# Exercise aim
In the records that follow, find each line with "Prelude" and pull it out.
Entries provided below:
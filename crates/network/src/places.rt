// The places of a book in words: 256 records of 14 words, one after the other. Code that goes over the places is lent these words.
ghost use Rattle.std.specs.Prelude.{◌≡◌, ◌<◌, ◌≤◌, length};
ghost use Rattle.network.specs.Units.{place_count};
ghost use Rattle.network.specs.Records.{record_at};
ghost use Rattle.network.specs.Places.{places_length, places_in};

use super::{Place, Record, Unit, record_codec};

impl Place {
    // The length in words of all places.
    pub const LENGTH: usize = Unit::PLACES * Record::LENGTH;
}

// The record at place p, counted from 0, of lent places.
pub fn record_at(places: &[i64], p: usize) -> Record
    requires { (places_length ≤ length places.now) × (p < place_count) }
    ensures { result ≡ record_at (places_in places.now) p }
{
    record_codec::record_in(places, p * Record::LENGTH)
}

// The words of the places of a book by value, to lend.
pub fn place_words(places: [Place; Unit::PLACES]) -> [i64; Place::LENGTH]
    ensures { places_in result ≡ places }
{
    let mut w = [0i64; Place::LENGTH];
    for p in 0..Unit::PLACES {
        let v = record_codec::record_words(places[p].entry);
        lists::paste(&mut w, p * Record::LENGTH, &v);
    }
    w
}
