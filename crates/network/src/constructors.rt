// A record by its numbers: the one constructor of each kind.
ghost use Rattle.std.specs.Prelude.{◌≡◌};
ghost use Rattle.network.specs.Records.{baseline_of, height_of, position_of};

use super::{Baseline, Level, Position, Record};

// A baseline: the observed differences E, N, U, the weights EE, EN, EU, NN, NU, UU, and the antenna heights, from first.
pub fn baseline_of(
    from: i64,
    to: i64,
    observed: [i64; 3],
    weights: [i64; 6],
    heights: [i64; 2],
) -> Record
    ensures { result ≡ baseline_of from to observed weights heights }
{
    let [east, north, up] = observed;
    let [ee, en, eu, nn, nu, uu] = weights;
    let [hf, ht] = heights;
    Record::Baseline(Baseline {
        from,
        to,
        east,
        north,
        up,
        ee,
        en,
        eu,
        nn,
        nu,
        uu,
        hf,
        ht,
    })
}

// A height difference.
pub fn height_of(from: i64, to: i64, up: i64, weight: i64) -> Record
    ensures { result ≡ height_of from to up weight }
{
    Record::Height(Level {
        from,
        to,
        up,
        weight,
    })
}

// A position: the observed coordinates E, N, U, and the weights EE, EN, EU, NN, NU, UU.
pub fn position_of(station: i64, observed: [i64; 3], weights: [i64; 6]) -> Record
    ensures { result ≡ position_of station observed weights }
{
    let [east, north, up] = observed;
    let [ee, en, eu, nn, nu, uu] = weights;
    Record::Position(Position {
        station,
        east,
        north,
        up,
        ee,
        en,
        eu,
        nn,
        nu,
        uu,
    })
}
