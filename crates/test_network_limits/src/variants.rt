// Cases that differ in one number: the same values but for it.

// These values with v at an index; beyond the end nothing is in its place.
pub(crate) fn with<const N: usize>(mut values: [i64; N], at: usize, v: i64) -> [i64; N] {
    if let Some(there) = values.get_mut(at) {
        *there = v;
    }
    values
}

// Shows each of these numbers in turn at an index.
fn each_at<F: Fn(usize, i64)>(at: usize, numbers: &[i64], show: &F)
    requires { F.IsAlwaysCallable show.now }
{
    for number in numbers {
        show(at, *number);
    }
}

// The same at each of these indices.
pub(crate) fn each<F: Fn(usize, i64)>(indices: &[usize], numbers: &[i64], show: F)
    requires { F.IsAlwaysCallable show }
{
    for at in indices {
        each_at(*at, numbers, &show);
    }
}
End of Entries provided.
# Solution
ghost use Rattle.std.specs.Prelude.{◌≡◌, ◌<◌, ◌≤◌, length};
ghost use Rattle.std.specs.Prelude.{◌≡◌};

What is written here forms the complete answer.